What to work on:
Give the data again exactly, stopping after the "let parts = read_parts(alloc, hashing, &mut" line.

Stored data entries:
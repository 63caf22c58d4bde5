//! How a row is read.

ghost use Rattle.std.specs.Prelude.{◌≡◌, [], ℕ};
ghost use Rattle.row_form.specs.Answers.{Answers};
ghost use Rattle.row_form.specs.Reading.{IsReadAs, NamesPlace, RowsHaveOneSpelling};
ghost use Rattle.row_form.specs.RowReader.{read_form, read_moment, read_parts, read_row};

use crate::cursor::{Cursor, NotARow, Unread};
use crate::deeds::read_deed;
use crate::fields::Field;
use cc_names::memory::Or;
use cc_names::rows::{Deed, LAST_MOMENT, Row, Tag};
use std::alloc::Global;
use std::hash::RandomState;

/// A row's tag and moment, and its deed.
type Parts = ((Tag, u64), Deed);

/// Reads bytes as a row, or answers the offset of the first field that cannot be read, or of the first excess byte.
/// Takes time linear in them, and memory as the fields are read, whatever the counts of lists say.
pub fn read(alloc: Global, hashing: RandomState, bytes: &[u8]) -> Result<Row, Or<NotARow>>
    ensures row { IsReadAs result bytes.now }
    ensures place { NamesPlace result bytes.now }
{
    match read_row(alloc, hashing, bytes) {
        Ok(((tag, moment), deed)) => Ok(Row::of(tag, moment, deed)),
        Err(Or::NoMemory) => Err(Or::NoMemory),
        Err(Or::Is(unread)) => {
            let place = bytes.len().saturating_sub(unread.left);
            Err(Or::Is(NotARow(place as u64)))
        }
    }
}

/// Rows that are spelled alike are the same.
pub fn rows_have_one_spelling()
    ensures { RowsHaveOneSpelling }
{}

/// The same with the parts of a row, and with how many bytes are left where the reading fails.
fn read_row(alloc: Global, hashing: RandomState, bytes: &[u8]) -> Result<Parts, Or<Unread>>
    ensures { Answers result (read_row bytes.now) [] }
{
    let mut cursor = Cursor::over(bytes);
    let parts = read_parts(alloc, hashing, &mut cursor)?;
    if !cursor.rest.is_empty() {
        return Err(Or::Is(cursor.unread()));
    }
    Ok(parts)
}

fn read_parts(
    alloc: Global,
    hashing: RandomState,
    cursor: &mut Cursor<'_>,
) -> Result<Parts, Or<Unread>>
    ensures { Answers result (read_parts cursor.old.rest.now) cursor.new.rest.now }
{
    let form = read_form(cursor)?;
    let tag: Tag = Field::read(alloc, cursor)?;
    let moment = read_moment(cursor)?;
    let deed = read_deed(alloc, hashing, cursor, form)?;
    Ok(((tag, moment), deed))
}

fn read_form(cursor: &mut Cursor<'_>) -> Result<u8, Or<Unread>>
    ensures { Answers result (read_form cursor.old.rest.now) cursor.new.rest.now }
{
    let here = cursor.unread();
    let form = cursor.byte()?;
    if form == 1 || form == 2 {
        return Ok(form);
    }
    Err(Or::Is(here))
}

fn read_moment(cursor: &mut Cursor<'_>) -> Result<u64, Or<Unread>>
    ensures { Answers result (read_moment cursor.old.rest.now) cursor.new.rest.now }
{
    let here = cursor.unread();
    let moment = cursor.long()?;
    if moment <= LAST_MOMENT {
        return Ok(moment);
    }
    Err(Or::Is(here))
}
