//! The phases of a session, one after the other.

ghost use Rattle.std.specs.Prelude.{◌≡◌, ◌≤◌, ◌<◌, ◌+◌, ◌^◌, ℕ, IfOk, IfErr, IfSome, OnOk, OnErr, length, true, min, Bool};
ghost use Rattle.std.specs.Io.KnownBytes.{Appends};
ghost use Rattle.cc_names.specs.Counts.{raised_count};
ghost use Rattle.cc_outside.specs.Feeds.{AppendsPrefix};
ghost use Rattle.cc_outside.specs.Moments.{moment_at};
ghost use Rattle.legal_history.specs.Stories.States.{all_done};
ghost use Rattle.legal_history.specs.Stories.Steps.{state_of};
ghost use Rattle.legal_history.specs.Stories.Lawful.{last_moment};
ghost use Rattle.base_core.specs.Story.Counted.{KeepsCount};
ghost use Rattle.base_core.specs.Story.Replying.{replies_of};
ghost use Rattle.session_run.specs.Calls.Causes.{SinkRests};
ghost use Rattle.session_run.specs.Running.Phases.{RunsPhase, LeavesPhase};
ghost use Rattle.session_run.specs.Running.Runs.{outside_of, IsJustOpened, IsReadyPhase, IsRunnable, HasRunPhases, IsRunGivenUp, CountsWriteFaults, WritesCut};
ghost use Rattle.session_run.specs.Story.Begun.{first_step, is_opened};
ghost use Rattle.session_run.specs.Story.Rendered.{transcript};

use crate::failures::any_failed;
use crate::threads::{Host, run_on_threads};
use crate::transcripts::transcript;
use base_core::Core;
use cc_names::memory::{NoMemory, Or};
use cc_names::rows::LAST_MOMENT;
use cc_outside::{Clock, Hook, Sink, WriteFault, write_whole};
use disk_model::Disk;
use session_text::PhaseText;
use std::alloc::Global;
use std::sync::Wait;
use std::thread::Threads;

/// The moment now, none above the last one of the year 9999.
fn moment_of<C: Clock>(clock: &mut C) -> u64
    ensures capped { result ≤ last_moment }
    ensures moment { IfSome (C.ghost_state clock.old).modeled
        (λ moments. result
        ≡ min (moment_at moments (C.ghost_state clock.old).readings) last_moment) }
    ensures list { (C.ghost_state clock.new).modeled ≡ (C.ghost_state clock.old).modeled }
    ensures counted { (C.ghost_state clock.new).readings
        ≡ raised_count (C.ghost_state clock.old).readings 1 }
{
    clock.now().min(LAST_MOMENT)
}

/// Begins a phase and carries out its commands, its lanes on threads once one builds. The core comes back in every case.
fn run_commands<R: Threads + Wait + Sync, G: Hook + Sync, D: Disk + Send>(
    host: &Host<'_, R, G>,
    core: Core<D>,
    phase: PhaseText,
    moment: u64,
) -> (Core<D>, Result<(), NoMemory>)
    requires finished { all_done (state_of core.story) ≡ true }
    requires opened { is_opened core.story ≡ true }
    requires ready { IsReadyPhase phase }
    requires few { (state_of core.story).number + 1 < 2 ^ 32 }
    requires in_time { moment ≤ last_moment }
    ensures ok { OnOk result.1 (RunsPhase phase moment core.story result.0.story) }
    ensures err { OnErr result.1 (LeavesPhase phase moment core.story result.0.story) }
    ensures first { first_step result.0.story ≡ first_step core.story }
    ensures counted { KeepsCount core result.0 }
{
    let mut core = core;
    match core.begin_phase(host.alloc, phase, moment) {
        Ok(()) => run_on_threads(host, core),
        Err(error) => (core, Err(error)),
    }
}

/// Writes the transcript of the last phase, which has this number.
fn write_transcript<K: Sink, D: Disk>(
    alloc: Global,
    core: &Core<D>,
    number: u32,
    sink: &mut K,
) -> Result<(), Or<WriteFault>>
    requires begun { 0 < (state_of core.now.story).number }
    requires few { length (state_of core.now.story).phase.lanes ≤ 64 }
    ensures ok { OnOk result
        (Appends (K.ghost_state sink.old).held (K.ghost_state sink.new).held
        (transcript number (state_of core.now.story).phase (replies_of core.now.story))) }
    ensures err { IfErr result
        (λ cut.
        WritesCut cut (K.ghost_state sink.old).held (K.ghost_state sink.new).held
        (transcript number (state_of core.now.story).phase (replies_of core.now.story))) }
    ensures fault { CountsWriteFaults result (K.ghost_state sink.old).faults
        (K.ghost_state sink.new).faults }
    ensures goes_on { OnOk result
        ((K.ghost_state sink.new).ended ≡ (K.ghost_state sink.old).ended) }
    ensures rests { SinkRests (K.ghost_state sink.old) (K.ghost_state sink.new) }
{
    let text = transcript(alloc, core, number)?;
    match write_whole(sink, text.as_bytes()) {
        Ok(()) => Ok(()),
        Err(fault) => Err(Or::Is(fault)),
    }
}

/// Runs the phases of a session and writes the transcript of each, and answers whether a command failed. The core comes back
/// in every case.
pub(crate) fn run_phases<
    R: Threads + Wait + Sync,
    G: Hook + Sync,
    K: Sink,
    D: Disk + Send,
    C: Clock,
>(
    host: &Host<'_, R, G>,
    core: Core<D>,
    phases: Vec<PhaseText>,
    sink: &mut K,
    clock: &mut C,
) -> (Core<D>, Result<bool, Or<WriteFault>>)
    requires opened { IsJustOpened core.story }
    requires runnable { IsRunnable phases.items }
    ensures ok { IfOk result.1
        (HasRunPhases phases.items result.0.story
        (outside_of (K.ghost_state sink.old) (K.ghost_state sink.new) (C.ghost_state clock.old)
        (C.ghost_state clock.new))) }
    ensures err { IfErr result.1
        (λ cut.
        IsRunGivenUp cut phases.items result.0.story
        (outside_of (K.ghost_state sink.old) (K.ghost_state sink.new) (C.ghost_state clock.old)
        (C.ghost_state clock.new))) }
    ensures first { first_step result.0.story ≡ first_step core.story }
    ensures counted { KeepsCount core result.0 }
    ensures fault { CountsWriteFaults result.1 (K.ghost_state sink.old).faults
        (K.ghost_state sink.new).faults }
    ensures rests { SinkRests (K.ghost_state sink.old) (K.ghost_state sink.new) }
{
    let mut core = core;
    let mut failed = false;
    let mut number = 0u32;
    for phase in phases {
        number += 1;
        let moment = moment_of(clock);
        let (next, ran) = run_commands(host, core, phase, moment);
        core = next;
        if let Err(NoMemory) = ran {
            return (core, Err(Or::NoMemory));
        }
        failed |= any_failed(&core);
        if let Err(error) = write_transcript(host.alloc, &core, number, sink) {
            return (core, Err(error));
        }
    }
    (core, Ok(failed))
}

Worked solution:
repository 63caf22c58d4bde5
//! How a row is read.

ghost use Rattle.std.specs.Prelude.{◌≡◌, [], ℕ};
ghost use Rattle.row_form.specs.Answers.{Answers};
ghost use Rattle.row_form.specs.Reading.{IsReadAs, NamesPlace, RowsHaveOneSpelling};
ghost use Rattle.row_form.specs.RowReader.{read_form, read_moment, read_parts, read_row};

use crate::cursor::{Cursor, NotARow, Unread};
use crate::deeds::read_deed;
use crate::fields::Field;
use cc_names::memory::Or;
use cc_names::rows::{Deed, LAST_MOMENT, Row, Tag};
use std::alloc::Global;
use std::hash::RandomState;

/// A row's tag and moment, and its deed.
type Parts = ((Tag, u64), Deed);

/// Reads bytes as a row, or answers the offset of the first field that cannot be read, or of the first excess byte.
/// Takes time linear in them, and memory as the fields are read, whatever the counts of lists say.
pub fn read(alloc: Global, hashing: RandomState, bytes: &[u8]) -> Result<Row, Or<NotARow>>
    ensures row { IsReadAs result bytes.now }
    ensures place { NamesPlace result bytes.now }
{
    match read_row(alloc, hashing, bytes) {
        Ok(((tag, moment), deed)) => Ok(Row::of(tag, moment, deed)),
        Err(Or::NoMemory) => Err(Or::NoMemory),
        Err(Or::Is(unread)) => {
            let place = bytes.len().saturating_sub(unread.left);
            Err(Or::Is(NotARow(place as u64)))
        }
    }
}

/// Rows that are spelled alike are the same.
pub fn rows_have_one_spelling()
    ensures { RowsHaveOneSpelling }
{}

/// The same with the parts of a row, and with how many bytes are left where the reading fails.
fn read_row(alloc: Global, hashing: RandomState, bytes: &[u8]) -> Result<Parts, Or<Unread>>
    ensures { Answers result (read_row bytes.now) [] }
{
    let mut cursor = Cursor::over(bytes);
    let parts = read_parts(alloc, hashing, &mut cursor)?;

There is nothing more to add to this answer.